Lately, the diet and wellness world has placed less concern on calories and fat and more attention to clean, readable ingredients. And unsurprisingly, the (literal) wall of protein bars at our favorite grocery stores have adapted appropriately—mirroring whatever buzzwords and trends are currently en vogue. Collagen, gluten-free, you name it. Yes, it’s great to have options, but it can get confusing. And believe it or not, there’s more to life than spending an hour of your precious time dissecting labels at the grocery store.
To offer some perspective and lend a helping hand, I reached out to Tara Condell, a dietitian at Top Balance Nutrition, and Alissa Rumsey, MS, RD, owner of Alissa Rumsey Nutrition and Wellness for some sage advice when it comes to picking out a high-quality protein bar.
Optimally, Condell told me, the best protein bars for women will have “less than 250 calories, more than 10 grams of protein, at least three grams of fiber, and less than 15 grams of sugar.” Other recommendations included a short and readable ingredient list (yellow #5, we’re looking at you), no sugar substitutes or alcohols because they can lead to tummy trouble and intense sugar cravings, and the serving size—since some labels only portray nutritional information for half of a bar.
Curious to see which bars made the cut? Keep reading to see our list of the best protein bars for women.
We’ve been taught that there’s no such thing as perfection, but when it comes to protein bars, this one comes pretty darn close, which is why we’re putting it at the very top of the list. Not only does the mix of cocoa powder and cocoa nibs make them taste incredibly decadent, but it also features glow-getters like grass-fed hydrolyzed collagen, coconut oil, almonds, and pumpkin seeds. Oh, and it’s a favorite of celebrity nutritionist Kelly LeVeque.
To be completely honest, Oatmega first caught my eye due to the wide range of drool-worthy flavors. (This one tastes like Vanilla Almond, if you’re into that kind of thing.) Convinced the gluten-free bar would be a total sugar bomb, I was surprised when I saw there were only five grams. Also admirable: The first few ingredients are healthy sources of protein and fiber in the form of grass-fed whey and chicory root.
It could be said that these nut-filled bars are a customer cult favorite. However, due to some misleading health claims, they’ve fallen victim to a touch of criticism over the years and were even written-up by the FDA. But, in true dark horse fashion, the brand has made some amends to their recipes, and though the majority of the bars were still higher in sugar and lower in protein and fiber than we’d like, this tasty flavor (filled with almonds, macadamias, walnuts, cashew nuts, and Brazil nuts), made the cut. If you’re a fan of sweet and salty, this one’s for you.
A favorite of Rumsey, this brand prides itself on a delightfully skimpy ingredient list, and in this case, less is definitely more. Made with protein-packed egg whites, vitamin-rich peanuts, sea salt, and dates (for that little bit of sweet), it passed our test with flying colors. We’re also not mad at the peanut-buttery taste, which feels reminiscent of recess and PB&Js.

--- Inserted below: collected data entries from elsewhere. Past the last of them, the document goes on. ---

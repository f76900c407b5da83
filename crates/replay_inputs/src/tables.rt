// What a sender and its receiver share.
ghost use Rattle.std.specs.Prelude.{◌≡◌, ◌+◌, ◌*◌, ◌<◌, ◌≤◌, length, vec_len, IfOk};
ghost use Rattle.level.specs.Rows.{IsLayout};
ghost use Rattle.level.specs.Sized.{Sized};
ghost use Rattle.replay_inputs.specs.Table.{entries, row_numbers};

use crate::generator::Generator;
use crate::lent::LentTables;
use complex::Complex;
use level::Layout;
use std::alloc::{AllocError, Global};

// The layout, the turn book, the marker table and the phasors.
#[derive(Drop)]
pub struct Tables {
    pub layout: Layout,
    pub book: Vec<f64>,
    pub markers: Vec<u16>,
    pub phasors: Vec<f64>,
    ghost is_layout: { IsLayout layout },
}

impl Tables {
    // The tables of a layout, carrier by carrier from the generator.
    pub fn drawn(alloc: Global, l: Layout, generator: &mut Generator) -> Result<Tables, AllocError>
        requires { IsLayout l }
        ensures { IfOk result (λ t. (t.layout ≡ l) × (vec_len t.book ≡ 6000)) }
    {
        let mut book = vec![in alloc; 0.0; 6000]?;
        let mut markers = vec![in alloc; 0u16; entries(l)]?;
        let mut phasors = vec![in alloc; 0.0; 2 * (l.nc * l.nsym)]?;
        draw(l, generator, &mut book, &mut markers, &mut phasors);
        Ok(Tables {
            layout: l,
            book,
            markers,
            phasors,
        })
    }

    pub fn lent(&self) -> LentTables<'_>
        ensures { (result.layout ≡ self.now.layout) × (length result.book.now ≡ vec_len self.now.book) }
    {
        LentTables {
            layout: self.layout,
            book: &self.book,
            markers: &self.markers,
            phasors: &self.phasors,
        }
    }
}

// The turn book, then the marker table and the phasors of a layout from the generator, as many as there is room for.
pub fn draw(
    l: Layout,
    generator: &mut Generator,
    book: &mut [f64],
    markers: &mut [u16],
    phasors: &mut [f64],
)
    requires { Sized l × (length book.old ≡ 6000) × (length markers.old ≡ entries l) }
{
    turn_book(book);
    draw_markers(l, generator, markers);
    draw_phasors(book, generator, phasors);
}

// The turn book: 3,000 numbers of size 0.9999, each turned by -2π / 3000 from the one before.
fn turn_book(out: &mut [f64])
    requires { length out.old ≡ 6000 }
{
    let turn = Complex {
        re: 0.9999978067553793,
        im: -0.002094393571219374,
    };
    let mut z = Complex {
        re: 0.9999,
        im: 0.0,
    };
    for k in 0..3000 {
        complex::put(out, k, z);
        z = z * turn;
    }
}

// The entries of a marker table: a value and a flag for each marker and symbol of each carrier.
pub fn entries(l: Layout) -> usize
    requires { Sized l }
    ensures { result ≡ entries l }
{
    l.nc * (l.markers + l.nsym)
}

// The numbers of the rows of so many frames.
pub fn row_numbers(l: Layout, frames: usize) -> usize
    requires { IsLayout l × (frames ≤ 4) }
    ensures { result ≡ row_numbers l frames }
{
    2 * (l.nc * l.row_len(frames))
}

// Marker value i of a carrier: a draw from the i-th of as many equal parts of the frame as there are markers.
fn value(l: Layout, i: usize, generator: &mut Generator) -> usize
    requires { Sized l × (i < l.markers) }
    ensures { (5 ≤ result) × (result + 4 ≤ l.spf) }
{
    let q = (l.spf - 8) / l.markers;
    5 + i * q + generator.draw(q)
}

// Value v of carrier c at place i, and its flag.
fn mark(l: Layout, c: usize, i: usize, v: usize, out: &mut [u16])
    requires { Sized l × (c < l.nc) × (i < l.markers) × (5 ≤ v) × (v + 4 ≤ l.spf)
        × (length out.old ≡ entries l) }
{
    out[c * l.markers + i] = v as u16;
    out[l.nc * l.markers + (c * l.nsym + (v - 2))] = 1;
}

// The marker table of a layout, in entries that are all 0.
pub fn draw_markers(l: Layout, generator: &mut Generator, out: &mut [u16])
    requires { Sized l × (length out.old ≡ entries l) }
{
    for c in 0..l.nc {
        for i in 0..l.markers {
            let v = value(l, i, generator);
            mark(l, c, i, v, out);
        }
    }
}

// As many phasors as there is room for, each an entry of the turn book.
fn draw_phasors(book: &[f64], generator: &mut Generator, out: &mut [f64])
    requires { length book.now ≡ 6000 }
{
    for k in 0..out.len() / 2 {
        let entry = generator.draw(3000);
        complex::put(out, k, complex::get(book, entry));
    }
}
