//! Instructions of the machine as statements of Autocoder, and a source made of a storage.
//!
//! [`statement_of`] returns the statement of which the assembler makes an instruction's characters,
//! or none if there is none (`specs/Statements.antt`); [`statement_at`] does so for the instruction
//! at a position of a storage. [`push_statement`] writes it, with the names of a source where they
//! are given (`specs/Texts.antt`). That the assembler makes of it just these characters is a law of
//! `autocoder_laws`.
//!
//! [`code_of`] makes a source of what is in a storage from 081 on. How it finds the instructions,
//! the constants and the labels has no contract; but it has the assembler assemble what it made,
//! and compares. Its contract for the layer above: a source that it calls whole has no faults, and
//! its image has the character and the word mark of each position from 081 on
//! (`specs/Sources.antt`). By [`code_loads`] the loading cards of such a source bring the same
//! characters and marks into a machine. Memory is taken for all that is written.
#![tactic(auto)]

mod comparing;
mod constants;
mod flows;
mod instructions;
mod labels;
mod laws;
mod names;
mod operands;
mod parts;
mod pieces;
mod positions;
mod punching;
mod shown;
mod sources;
mod statements;
mod stored;
mod writing;

pub use laws::code_loads;
pub use operands::push_operands;
pub use shown::push_statement;
pub use sources::{Code, CodeOptions, code_of};
pub use statements::{Statement, statement_of};
pub use stored::statement_at;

Who would have thought that our lust for a mint chip ice cream cone could be solely satisfied with a pre-packaged protein bar? Yet, here we are. Free of antibiotics, hormones, and anything artificial, this plant-based bar is a top-tier pick—especially if you’re vegan and into that organic life.
In all transparency, we were slightly surprised that this protein bar made our best-of list. Just like Kind, the Clif brand has fallen under some scrutiny, most notably for its traditional bar’s sky-high sugar content that rivals that of a candy bar (more than 20 grams, to be exact). However, we like to think of ourselves as open-minded, and thus welcomed the whey-infused new kid on the block with open arms. Not only was it one of our favorites taste-wise, but the majority of ingredients also are organic, and, at only five grams, it has way less sugar than the traditional bar.
According to Condell, it’s best to rely on real food (aka nothing processed, aka not protein bars) to meet nutrition needs, but protein bars can be a helpful option when you’re on the go or pressed for time.
Why Trust Byrdie?
Byrdie contributing writer Erin Jahns tapped two well-respected nutritionists to weigh in on what to look for in the best protein bar for women. With those expert guidelines in mind, Erin conducted lengthy research to find protein bars that would meet those standards and make the cut, a process she admits was very difficult. She ensured that the first listed ingredient wasn’t a form of sugar, per dietician Tara Condell’s warning: “Read the ingredient list to make sure the sugar is coming from natural sources (usually dates) and the first three ingredients don’t include honey, brown rice, or high fructose corn syrup.” Eventually, after lots of sifting, she came up with a list that would satisfy.